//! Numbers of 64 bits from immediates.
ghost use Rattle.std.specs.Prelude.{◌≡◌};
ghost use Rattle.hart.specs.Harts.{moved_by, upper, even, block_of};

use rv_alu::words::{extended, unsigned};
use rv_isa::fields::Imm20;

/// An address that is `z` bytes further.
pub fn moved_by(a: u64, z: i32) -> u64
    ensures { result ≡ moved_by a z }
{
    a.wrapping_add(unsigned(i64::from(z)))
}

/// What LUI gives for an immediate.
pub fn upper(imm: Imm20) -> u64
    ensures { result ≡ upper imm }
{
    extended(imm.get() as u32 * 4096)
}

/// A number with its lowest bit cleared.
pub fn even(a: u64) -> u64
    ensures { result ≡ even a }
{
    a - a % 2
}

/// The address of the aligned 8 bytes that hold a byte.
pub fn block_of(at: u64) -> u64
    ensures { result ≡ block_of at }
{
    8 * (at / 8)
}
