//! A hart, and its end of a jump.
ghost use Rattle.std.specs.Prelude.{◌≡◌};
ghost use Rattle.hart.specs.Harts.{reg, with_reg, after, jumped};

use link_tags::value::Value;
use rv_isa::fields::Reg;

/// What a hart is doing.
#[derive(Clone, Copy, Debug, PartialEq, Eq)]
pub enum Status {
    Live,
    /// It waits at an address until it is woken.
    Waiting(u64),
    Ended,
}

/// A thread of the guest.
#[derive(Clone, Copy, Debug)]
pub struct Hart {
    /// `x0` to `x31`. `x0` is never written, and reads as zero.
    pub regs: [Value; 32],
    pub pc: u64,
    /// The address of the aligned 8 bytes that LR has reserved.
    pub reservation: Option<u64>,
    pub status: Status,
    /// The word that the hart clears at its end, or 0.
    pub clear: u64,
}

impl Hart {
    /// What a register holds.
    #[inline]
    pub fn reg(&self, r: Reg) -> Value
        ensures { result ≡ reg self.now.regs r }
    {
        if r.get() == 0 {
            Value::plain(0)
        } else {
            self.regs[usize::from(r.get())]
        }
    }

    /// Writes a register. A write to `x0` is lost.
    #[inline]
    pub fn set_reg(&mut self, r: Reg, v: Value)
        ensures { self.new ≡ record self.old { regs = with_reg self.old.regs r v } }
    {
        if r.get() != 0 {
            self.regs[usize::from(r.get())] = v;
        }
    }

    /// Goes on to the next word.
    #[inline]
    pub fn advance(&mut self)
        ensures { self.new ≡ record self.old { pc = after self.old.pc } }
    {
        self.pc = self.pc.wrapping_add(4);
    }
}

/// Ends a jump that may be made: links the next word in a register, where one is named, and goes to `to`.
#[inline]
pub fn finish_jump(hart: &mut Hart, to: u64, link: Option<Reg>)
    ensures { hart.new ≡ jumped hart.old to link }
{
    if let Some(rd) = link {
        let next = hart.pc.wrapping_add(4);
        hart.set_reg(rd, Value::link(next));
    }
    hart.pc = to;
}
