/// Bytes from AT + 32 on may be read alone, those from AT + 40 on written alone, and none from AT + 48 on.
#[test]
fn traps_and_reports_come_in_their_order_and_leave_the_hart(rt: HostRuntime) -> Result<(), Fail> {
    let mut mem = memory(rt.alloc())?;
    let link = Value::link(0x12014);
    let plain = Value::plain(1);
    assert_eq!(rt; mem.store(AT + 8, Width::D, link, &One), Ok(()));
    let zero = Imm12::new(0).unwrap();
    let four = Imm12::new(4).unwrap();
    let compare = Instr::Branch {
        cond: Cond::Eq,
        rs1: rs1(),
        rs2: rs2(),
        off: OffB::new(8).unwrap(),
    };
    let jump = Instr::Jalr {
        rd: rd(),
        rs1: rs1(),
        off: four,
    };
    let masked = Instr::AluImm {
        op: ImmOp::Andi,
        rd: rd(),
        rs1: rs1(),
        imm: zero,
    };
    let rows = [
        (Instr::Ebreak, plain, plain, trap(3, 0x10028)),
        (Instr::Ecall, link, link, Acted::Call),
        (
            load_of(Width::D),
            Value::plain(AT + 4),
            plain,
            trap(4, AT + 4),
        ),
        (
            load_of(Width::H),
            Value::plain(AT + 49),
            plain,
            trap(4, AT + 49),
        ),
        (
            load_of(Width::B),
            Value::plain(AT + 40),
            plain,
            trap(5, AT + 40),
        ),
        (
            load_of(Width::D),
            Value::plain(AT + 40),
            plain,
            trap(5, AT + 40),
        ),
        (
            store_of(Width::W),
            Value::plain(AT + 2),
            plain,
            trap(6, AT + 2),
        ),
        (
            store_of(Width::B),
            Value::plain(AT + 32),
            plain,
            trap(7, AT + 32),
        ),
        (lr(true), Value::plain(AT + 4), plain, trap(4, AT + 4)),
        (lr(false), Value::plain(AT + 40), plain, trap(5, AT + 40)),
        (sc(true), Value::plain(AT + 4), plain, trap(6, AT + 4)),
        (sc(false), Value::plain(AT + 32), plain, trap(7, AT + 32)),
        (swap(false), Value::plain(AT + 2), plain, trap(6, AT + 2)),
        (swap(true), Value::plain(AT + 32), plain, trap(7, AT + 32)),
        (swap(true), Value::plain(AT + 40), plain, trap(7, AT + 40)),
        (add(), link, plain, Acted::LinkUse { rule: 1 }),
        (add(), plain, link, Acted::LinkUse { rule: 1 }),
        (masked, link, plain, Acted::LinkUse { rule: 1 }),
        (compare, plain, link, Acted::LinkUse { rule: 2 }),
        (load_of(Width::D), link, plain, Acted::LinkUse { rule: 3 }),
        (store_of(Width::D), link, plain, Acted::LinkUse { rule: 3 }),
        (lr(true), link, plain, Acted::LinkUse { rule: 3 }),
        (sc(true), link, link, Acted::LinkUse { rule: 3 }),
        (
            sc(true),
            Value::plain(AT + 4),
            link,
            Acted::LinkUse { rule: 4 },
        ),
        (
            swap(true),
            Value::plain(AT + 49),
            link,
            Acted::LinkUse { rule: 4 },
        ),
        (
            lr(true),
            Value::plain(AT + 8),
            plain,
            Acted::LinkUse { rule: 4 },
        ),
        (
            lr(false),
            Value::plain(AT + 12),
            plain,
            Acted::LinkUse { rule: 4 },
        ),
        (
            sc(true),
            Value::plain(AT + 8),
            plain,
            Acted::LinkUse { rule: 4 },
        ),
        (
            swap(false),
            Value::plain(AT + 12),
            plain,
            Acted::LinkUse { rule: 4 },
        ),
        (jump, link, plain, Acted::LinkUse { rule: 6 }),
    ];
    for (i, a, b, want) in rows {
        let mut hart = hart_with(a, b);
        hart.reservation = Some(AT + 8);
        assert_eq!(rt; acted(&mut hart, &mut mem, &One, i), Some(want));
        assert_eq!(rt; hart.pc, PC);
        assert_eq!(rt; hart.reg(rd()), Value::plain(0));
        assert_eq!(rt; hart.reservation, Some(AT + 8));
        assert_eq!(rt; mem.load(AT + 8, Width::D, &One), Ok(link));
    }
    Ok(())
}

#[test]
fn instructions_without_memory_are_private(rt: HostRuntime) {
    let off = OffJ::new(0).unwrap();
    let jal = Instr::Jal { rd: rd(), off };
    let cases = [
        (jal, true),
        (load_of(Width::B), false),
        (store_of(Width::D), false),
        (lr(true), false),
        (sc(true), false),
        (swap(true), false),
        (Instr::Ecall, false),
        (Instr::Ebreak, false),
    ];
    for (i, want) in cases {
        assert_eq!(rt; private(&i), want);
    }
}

_____

AIM OF THE TASK: All entries should be restated word for word.

ANSWER TO THIS TASK:
//! Numbers of 64 bits from immediates.
ghost use Rattle.std.specs.Prelude.{◌≡◌};
ghost use Rattle.hart.specs.Harts.{moved_by, upper, even, block_of};

use rv_alu::words::{extended, unsigned};
use rv_isa::fields::Imm20;

/// An address that is `z` bytes further.
pub fn moved_by(a: u64, z: i32) -> u64
    ensures { result ≡ moved_by a z }
{
    a.wrapping_add(unsigned(i64::from(z)))
}

/// What LUI gives for an immediate.
pub fn upper(imm: Imm20) -> u64
    ensures { result ≡ upper imm }
{
    extended(imm.get() as u32 * 4096)
}

/// A number with its lowest bit cleared.
pub fn even(a: u64) -> u64
    ensures { result ≡ even a }
{
    a - a % 2
}

/// The address of the aligned 8 bytes that hold a byte.
pub fn block_of(at: u64) -> u64
    ensures { result ≡ block_of at }
{
    8 * (at / 8)
}
//! A hart, and its end of a jump.
ghost use Rattle.std.specs.Prelude.{◌≡◌};
ghost use Rattle.hart.specs.Harts.{reg, with_reg, after, jumped};

use link_tags::value::Value;
use rv_isa::fields::Reg;

/// What a hart is doing.
#[derive(Clone, Copy, Debug, PartialEq, Eq)]
pub enum Status {
    Live,
    /// It waits at an address until it is woken.
    Waiting(u64),
    Ended,
}

/// A thread of the guest.
#[derive(Clone, Copy, Debug)]
pub struct Hart {
    /// `x0` to `x31`. `x0` is never written, and reads as zero.
    pub regs: [Value; 32],
    pub pc: u64,
    /// The address of the aligned 8 bytes that LR has reserved.
    pub reservation: Option<u64>,
    pub status: Status,
    /// The word that the hart clears at its end, or 0.
    pub clear: u64,
}

impl Hart {
    /// What a register holds.
    #[inline]
    pub fn reg(&self, r: Reg) -> Value
        ensures { result ≡ reg self.now.regs r }
    {
        if r.get() == 0 {
            Value::plain(0)
        } else {
            self.regs[usize::from(r.get())]
        }
    }

    /// Writes a register. A write to `x0` is lost.
    #[inline]
    pub fn set_reg(&mut self, r: Reg, v: Value)
        ensures { self.new ≡ record self.old { regs = with_reg self.old.regs r v } }
    {
        if r.get() != 0 {
            self.regs[usize::from(r.get())] = v;
        }
    }

    /// Goes on to the next word.
    #[inline]
    pub fn advance(&mut self)
        ensures { self.new ≡ record self.old { pc = after self.old.pc } }
    {
        self.pc = self.pc.wrapping_add(4);
    }
}

/// Ends a jump that may be made: links the next word in a register, where one is named, and goes to `to`.
#[inline]
pub fn finish_jump(hart: &mut Hart, to: u64, link: Option<Reg>)
    ensures { hart.new ≡ jumped hart.old to link }
{
    if let Some(rd) = link {
        let next = hart.pc.wrapping_add(4);
        hart.set_reg(rd, Value::link(next));
    }
    hart.pc = to;
}
/// Bytes from AT + 32 on may be read alone, those from AT + 40 on written alone, and none from AT + 48 on.
#[test]
fn traps_and_reports_come_in_their_order_and_leave_the_hart(rt: HostRuntime) -> Result<(), Fail> {
    let mut mem = memory(rt.alloc())?;
    let link = Value::link(0x12014);
    let plain = Value::plain(1);
    assert_eq!(rt; mem.store(AT + 8, Width::D, link, &One), Ok(()));
    let zero = Imm12::new(0).unwrap();
    let four = Imm12::new(4).unwrap();
    let compare = Instr::Branch {
        cond: Cond::Eq,
        rs1: rs1(),
        rs2: rs2(),
        off: OffB::new(8).unwrap(),
    };
    let jump = Instr::Jalr {
        rd: rd(),
        rs1: rs1(),
        off: four,
    };
    let masked = Instr::AluImm {
        op: ImmOp::Andi,
        rd: rd(),
        rs1: rs1(),
        imm: zero,
    };
    let rows = [
        (Instr::Ebreak, plain, plain, trap(3, 0x10028)),
        (Instr::Ecall, link, link, Acted::Call),
        (
            load_of(Width::D),
            Value::plain(AT + 4),
            plain,
            trap(4, AT + 4),
        ),
        (
            load_of(Width::H),
            Value::plain(AT + 49),
            plain,
            trap(4, AT + 49),
        ),
        (
            load_of(Width::B),
            Value::plain(AT + 40),
            plain,
            trap(5, AT + 40),
        ),
        (
            load_of(Width::D),
            Value::plain(AT + 40),
            plain,
            trap(5, AT + 40),
        ),
        (
            store_of(Width::W),
            Value::plain(AT + 2),
            plain,
            trap(6, AT + 2),
        ),
        (
            store_of(Width::B),
            Value::plain(AT + 32),
            plain,
            trap(7, AT + 32),
        ),
        (lr(true), Value::plain(AT + 4), plain, trap(4, AT + 4)),
        (lr(false), Value::plain(AT + 40), plain, trap(5, AT + 40)),
        (sc(true), Value::plain(AT + 4), plain, trap(6, AT + 4)),
        (sc(false), Value::plain(AT + 32), plain, trap(7, AT + 32)),
        (swap(false), Value::plain(AT + 2), plain, trap(6, AT + 2)),
        (swap(true), Value::plain(AT + 32), plain, trap(7, AT + 32)),
        (swap(true), Value::plain(AT + 40), plain, trap(7, AT + 40)),
        (add(), link, plain, Acted::LinkUse { rule: 1 }),
        (add(), plain, link, Acted::LinkUse { rule: 1 }),
        (masked, link, plain, Acted::LinkUse { rule: 1 }),
        (compare, plain, link, Acted::LinkUse { rule: 2 }),
        (load_of(Width::D), link, plain, Acted::LinkUse { rule: 3 }),
        (store_of(Width::D), link, plain, Acted::LinkUse { rule: 3 }),
        (lr(true), link, plain, Acted::LinkUse { rule: 3 }),
        (sc(true), link, link, Acted::LinkUse { rule: 3 }),
        (
            sc(true),
            Value::plain(AT + 4),
            link,
            Acted::LinkUse { rule: 4 },
        ),
        (
            swap(true),
            Value::plain(AT + 49),
            link,
            Acted::LinkUse { rule: 4 },
        ),
        (
            lr(true),
            Value::plain(AT + 8),
            plain,
            Acted::LinkUse { rule: 4 },
        ),
        (
            lr(false),
            Value::plain(AT + 12),
            plain,
            Acted::LinkUse { rule: 4 },
        ),
        (
            sc(true),
            Value::plain(AT + 8),
            plain,
            Acted::LinkUse { rule: 4 },
        ),
        (
            swap(false),
            Value::plain(AT + 12),
            plain,
            Acted::LinkUse { rule: 4 },
        ),
        (jump, link, plain, Acted::LinkUse { rule: 6 }),
    ];
    for (i, a, b, want) in rows {
        let mut hart = hart_with(a, b);
        hart.reservation = Some(AT + 8);
        assert_eq!(rt; acted(&mut hart, &mut mem, &One, i), Some(want));
        assert_eq!(rt; hart.pc, PC);
        assert_eq!(rt; hart.reg(rd()), Value::plain(0));
        assert_eq!(rt; hart.reservation, Some(AT + 8));
        assert_eq!(rt; mem.load(AT + 8, Width::D, &One), Ok(link));
    }
    Ok(())
}

#[test]
fn instructions_without_memory_are_private(rt: HostRuntime) {
    let off = OffJ::new(0).unwrap();
    let jal = Instr::Jal { rd: rd(), off };
    let cases = [
        (jal, true),
        (load_of(Width::B), false),
        (store_of(Width::D), false),
        (lr(true), false),
        (sc(true), false),
        (swap(true), false),
        (Instr::Ecall, false),
        (Instr::Ebreak, false),
    ];
    for (i, want) in cases {
        assert_eq!(rt; private(&i), want);
    }
}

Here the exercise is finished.